With an ever-increasing consumer demand for more sustainable products, the fashion industry is facing mounting pressure to become a more circular economy, with waste reduction a key concern for many brands. The annual production of apparel has doubled since the turn of the century, but the share of reused fabrics is still very low. Austrian fibre producer Lenzing wants to change that, as the company sets out its plans to increase the amount of recycled textile waste in its products.

Lenzing blends cotton scraps and wood pulp to lyocell fibres using Refibra technology, which fashion brands from Australia’s Country Road to US brand Patagonia have started to use in their garments. Introduced in February 2017, TencelxRefibra is a material made up of 20 percent cotton scraps that are produced during textile manufacturing - also referred to as post-industrial waste. Lenzing’s goal is to increase that to 30 percent in 2019, according to project manager Hale Bahar Öztürk, who FashionUnited spoke to at the Kingpins denim fair in Amsterdam.
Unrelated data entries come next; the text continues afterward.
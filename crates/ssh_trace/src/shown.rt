//! One clear packet in hexadecimal digits.

ghost use Rattle.std.specs.Prelude.{◌≡◌, ◌%◌, Ok, IfOk, length};
ghost use Rattle.ssh_trace.specs.declared.shown.Shown.TheVariants.{NotHex};
ghost use Rattle.ssh_trace.specs.Shown.{Shows, ShowsBytes};

use crate::history::Memory;
use hex::FromHexError;
use ssh_packet::{MacOnly, PacketReader, PacketRefusal, PacketStep};
use std::alloc::Global;

/// The result of reading one clear packet from a text (RFC 4253 section 6).
#[derive(Drop)]
pub enum Shown {
    /// The text isn't pairs of hexadecimal digits.
    NotHex,
    /// A length that no packet has, as soon as its four bytes are there; or padding that is too short or leaves no
    /// payload.
    Refused(PacketRefusal),
    /// Bytes are missing.
    Incomplete,
    /// So many bytes follow the packet.
    Trailing(usize),
    /// The payload of the packet, which is all of the text.
    Payload(Vec<u8>),
}

/// Reads the one clear packet that `text` is in hexadecimal digits. The empty text is `Shown::Incomplete`.
///
/// # Errors
///
/// `Memory`: an allocation for the bytes or for the reader fails. A text of odd length takes none: it is `NotHex`.
pub fn packet_of(alloc: Global, text: &str) -> Result<Shown, Memory>
    ensures shows { IfOk result (Shows text.now) }
    ensures odd { length text.now % 2 ≡ 1 → result ≡ Ok NotHex }
{
    let bytes = match hex::decode(alloc, text) {
        Ok(bytes) => bytes,
        Err(FromHexError::OutOfMemory) => return Err(Memory),
        Err(_) => return Ok(Shown::NotHex),
    };
    packet_in(alloc, bytes.as_slice())
}

// What these bytes show.
fn packet_in(alloc: Global, bytes: &[u8]) -> Result<Shown, Memory>
    ensures { IfOk result (ShowsBytes bytes.now) }
{
    let mut reader = PacketReader::new(alloc)?;
    let (used, step) = reader.take::<MacOnly>(None, 0, bytes);
    match step {
        PacketStep::More => Ok(Shown::Incomplete),
        PacketStep::Refused(refusal) => Ok(Shown::Refused(refusal)),
        PacketStep::Payload => {
            if used < bytes.len() {
                return Ok(Shown::Trailing(bytes.len() - used));
            }
            Ok(Shown::Payload(reader.payload().to_vec(alloc)?))
        }
    }
}
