use crate::answer::{Answer, finish};
use crate::epoch_player::play_epoch;
use crate::status::Status;
use ssh_play::{Comparison, Played, Tally, compare, play, sweep};
use ssh_script::{MOST_SCRIPT_BYTES, Script, ScriptFault};
use std::alloc::Global;
use std::io::{Read, Write};

/// Plays a script, read to its end, and prints its transcript on `out`: a line for each thing that an end did, in their order.
///
/// `Status::Done` if no end refused its peer, `Status::Refused` if one did. `Status::Fault`, with a message on
/// `err` and nothing on `out`, if the script can't be read or has more than `MOST_SCRIPT_BYTES`, a line of it is wrong (the message
/// gives its number, from 1), or an allocation failed; and if writing to `out` failed.
pub fn play_to<R: Read, W: Write, E: Write>(
    alloc: Global,
    script: &mut R,
    out: &mut W,
    err: &mut E,
) -> Status {
    finish(transcript(alloc, script), out, err)
}

/// Plays a script, and compares its transcript with the lines that the script expects: prints `ok N` for N lines, or `differs at K` for the
/// first line, from 1, that differs or that one of the two lacks.
///
/// `Status::Done` if all are the same, whoever refused whom, and `Status::Refused` if they differ. `Status::Fault` as for `play_to`.
pub fn check_to<R: Read, W: Write, E: Write>(
    alloc: Global,
    script: &mut R,
    out: &mut W,
    err: &mut E,
) -> Status {
    finish(checked(alloc, script), out, err)
}

/// Plays the script of a session once, and then three times for each byte that an end put out, with that byte changed, left out and
/// delivered twice. Prints `N runs, M unsafe`. A run is unsafe if the payloads that an end took after its first NEWKEYS are no prefix of
/// those that the other sent after its own.
///
/// `Status::Done` if no run is unsafe, otherwise `Status::Refused`. `Status::Fault` as for `play_to`, and for the script of an epoch.
pub fn sweep_to<R: Read, W: Write, E: Write>(
    alloc: Global,
    script: &mut R,
    out: &mut W,
    err: &mut E,
) -> Status {
    finish(swept(alloc, script), out, err)
}

fn transcript<R: Read>(alloc: Global, script: &mut R) -> Result<Answer, ScriptFault> {
    let script = script_of(alloc, script)?;
    let Played { lines, refused } = played(alloc, &script)?;
    Ok(Answer {
        text: lines,
        status: if refused {
            Status::Refused
        } else {
            Status::Done
        },
    })
}

fn checked<R: Read>(alloc: Global, script: &mut R) -> Result<Answer, ScriptFault> {
    let script = script_of(alloc, script)?;
    let played = played(alloc, &script)?;
    let expected = match &script {
        Script::Epoch(script) => script.expected.as_slice(),
        Script::Session(script) => script.expected.as_slice(),
    };
    let comparison = compare(played.lines.as_str(), expected);
    Ok(Answer {
        text: format!(in alloc; "{comparison}\n")?,
        status: match comparison {
            Comparison::Same(_) => Status::Done,
            Comparison::DiffersAt(_) => Status::Refused,
        },
    })
}

fn swept<R: Read>(alloc: Global, script: &mut R) -> Result<Answer, ScriptFault> {
    let tally = match script_of(alloc, script)? {
        Script::Epoch(_) => return Err(ScriptFault::Epoch),
        Script::Session(script) => sweep(alloc, &script)?,
    };
    let Tally { unsafe_runs, .. } = tally;
    Ok(Answer {
        text: format!(in alloc; "{tally}\n")?,
        status: if unsafe_runs == 0 {
            Status::Done
        } else {
            Status::Refused
        },
    })
}

// The script that a reader gives.
fn script_of<R: Read>(alloc: Global, script: &mut R) -> Result<Script, ScriptFault> {
    let text = text_of(alloc, script)?;
    Script::read(alloc, text.as_slice())
}

/// The text that a reader gives. No more is read than shows that it is too long.
pub(crate) fn text_of<R: Read>(alloc: Global, script: &mut R) -> Result<Vec<u8>, ScriptFault> {
    let mut text = Vec::new(alloc);
    let mut limited = script.by_ref().take(MOST_SCRIPT_BYTES as u64 + 1);
    if let Err(error) = limited.read_to_end(&mut text) {
        return Err(ScriptFault::Unreadable(error));
    }
    Ok(text)
}

fn played(alloc: Global, script: &Script) -> Result<Played, ScriptFault> {
    match script {
        Script::Epoch(script) => play_epoch(alloc, script),
        Script::Session(script) => play(alloc, script),
    }
}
“We saw interest from brands for a higher share,” Öztürk said. At Kingpins, Lenzing showcased the way its innovative fibres can be used in denim. The company's booth featured a sustainable denim collection by emerging denim designer, Pawan Kumar, who used TencelxRefibra lyocell containing cotton scraps. His “Midnight Blues” pieces used denim fabrics processed by Spanish garment finishing company Jeanologia, and were produced at Vietnamese denim factory Saitex.

With the rise of fast fashion retailers, the amount of apparel produced doubled annually since 2000 and exceeded 100 billion for the first time in 2014, according to consulting company McKinsey. While the amount of garments bought and discarded surged, less than one percent of materials used to produce clothing is recycled into new clothing, according to a report by the Ellen MacArthur Foundation in 2017.

Picture: Wood & wood pulp

The limits of a circular fashion industry

The manufacturing of fabrics has come under close scrutiny in recent years, and denim, traditionally produced from 100 percent cotton, has also been in the spotlight. In its production, cotton is one of the most water-intensive raw materials used in the textile industry. Lyocell offers an alternative: The cellulosic fibre is made from trees and doesn’t require additional water to grow as cotton does. But costs and technology are still limiting the use of more cotton waste in lyocell and also the move to a circular fashion industry.

“It is difficult because cotton has a higher degree of polymerisation than wood, this means you have to process it more to arrive at this fibre”, Öztürk said. “You’re taking more time, more pressure, more heat.”

The fabric leftovers need to be bleached and dissolved to pulp before they’re combined with the pulp from wood chips. While Lenzing strives to add more textile waste to its TencelxRefibra fibres in the future, in order to maintain the current quality, it would be difficult to use more than 30 percent of cotton scraps, according to the fibre maker.

Picture: Textile waste & wood pulp

The recent years have seen an increasing number of denim companies and manufacturers using recycling to increase sustainability. In 2016, Dutch denim brand G-Star Raw collaborated with Circle Economy, a social enterprise that aims to accelerate transition to circularity, to recycle returned products by customers into a new denim fabric. Denim returned by customers was cleaned, recycled, and spun into yarn, then added to virgin materials to produce new fabrics. While G-Star used post-manufactured denim and Lenzing is using cotton scraps, both concluded that a maximum of 30 percent of recycled content can be used in new yarn or fibres, in order to retain the needed strength for weaving and finishing. Lenzing also wants to move into using post consumer waste in the long-term.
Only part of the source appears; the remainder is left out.